§ Task to carry out
The lines to copy from the listing below are those that contain the string "usize".

===== Recorded data

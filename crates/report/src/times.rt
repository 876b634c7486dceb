//! How often faults are detected.
ghost use Rattle.std.specs.Prelude.{◌≡◌, ◌↔◌, [], IsTrue};
ghost use Rattle.report.specs.Reports.{AreCounted};

use std::alloc::Global;
use std::marker::Model;

/// How many patterns detect each fault, where no more than a most are counted; the most is 0 where nothing is counted.
#[derive(Drop)]
pub struct Times {
    most: u64,
    of: Vec<u64>,
}

impl Model for Times {
    ghost use Rattle.report.specs.Reports.{Times};

    ghost Value = { Times };

    ghost view = { λ t. record { most = t.most; of = t.of.items } };
}

impl Times {
    /// Nothing is counted.
    pub fn none(alloc: Global) -> Times
        ensures { result ≡ record { most = 0; of = [] } }
    {
        Times {
            most: 0,
            of: Vec::new(alloc),
        }
    }

    /// These numbers, counted to this most.
    pub fn new(most: u64, of: Vec<u64>) -> Times
        ensures { result ≡ record { most = most; of = of.items } }
    {
        Times { most, of }
    }

    /// To how many each number is counted, and 0 where nothing is.
    pub fn most(&self) -> u64
        ensures { result ≡ self.now.most }
    {
        self.most
    }

    /// How many patterns detect each fault, in the order of faults.
    pub fn of(&self) -> &[u64]
        ensures { result.now ≡ self.now.of }
    {
        self.of.as_slice()
    }

    /// Whether a report can say so.
    pub(crate) fn are_counted(&self) -> bool
        ensures { IsTrue result ↔ AreCounted self.now }
    {
        let most = self.most;
        match most {
            0 => self.of.is_empty(),
            1 => false,
            _ => self.of.iter().all(|number| *number <= most),
        }
    }
}
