//! What is said of lines.

/// That lines are stuck at a value, or slow to leave one.
#[derive(Clone, Copy, PartialEq, Eq)]
pub enum FaultModel {
    StuckAt,
    Transition,
}
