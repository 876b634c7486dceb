//! The lines of faults, each part in one table.
ghost use Rattle.std.specs.Prelude.{◌≡◌, ◌<◌, ◌++◌, ◌∷◌, [], length, IfOk, slice_get, Some};

use netlist::NameTable;
use statement::Outcome;
use std::alloc::{AllocError, Global};
use std::marker::Model;

/// A line for each fault: its text, what came of it, and the name of the pin where it is detected (else empty).
#[derive(Drop)]
pub struct FaultLines {
    faults: NameTable,
    outcomes: Vec<Outcome>,
    pins: NameTable,
}

impl Model for FaultLines {
    ghost use Rattle.std.specs.Prelude.{◌≡◌, List, length};
    ghost use Rattle.statement.specs.Reports.{Line};
    ghost use Rattle.report.specs.inner.Tables.{lines_of};

    ghost Value = { List Line };

    ghost view = { λ l. lines_of l.faults l.outcomes.items l.pins };

    ghost invariant = { λ l. (length l.faults ≡ length l.outcomes.items) × (length l.pins ≡ length l.outcomes.items) };
}

/// A line as it stands in the tables: its fault and its pin are lent.
#[derive(Clone, Copy)]
pub struct FaultLine<'a> {
    pub fault: &'a [u8],
    pub outcome: Outcome,
    pub pin: &'a [u8],
}

impl FaultLines {
    /// No lines, and no memory yet.
    pub fn new(alloc: Global) -> FaultLines
        ensures { result ≡ [] }
    {
        FaultLines {
            faults: NameTable::new(alloc),
            outcomes: Vec::new(alloc),
            pins: NameTable::new(alloc),
        }
    }

    /// How many lines there are.
    pub fn len(&self) -> usize
        ensures { result ≡ length self.now }
    {
        self.outcomes.len()
    }

    /// The line at a place.
    pub fn get(&self, place: usize) -> FaultLine<'_>
        requires { place < length self.now }
        ensures { slice_get self.now place ≡ Some (record { fault = result.fault.now; outcome = result.outcome; pin = result.pin.now }) }
    {
        FaultLine {
            fault: self.faults.get(place),
            outcome: self.outcomes[place],
            pin: self.pins.get(place),
        }
    }

    /// Adds a line behind the others.
    pub fn push(
        mut self,
        fault: &[u8],
        outcome: Outcome,
        pin: &[u8],
    ) -> Result<FaultLines, AllocError>
        ensures { IfOk result (λ lines. lines ≡ self ++ (record { fault = fault.now; outcome = outcome; pin = pin.now }) ∷ []) }
    {
        self.faults.push(fault)?;
        self.outcomes.push(outcome)?;
        self.pins.push(pin)?;
        Ok(self)
    }
}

==========

§ Answer
    pub fn len(&self) -> usize
    pub fn get(&self, place: usize) -> FaultLine<'_>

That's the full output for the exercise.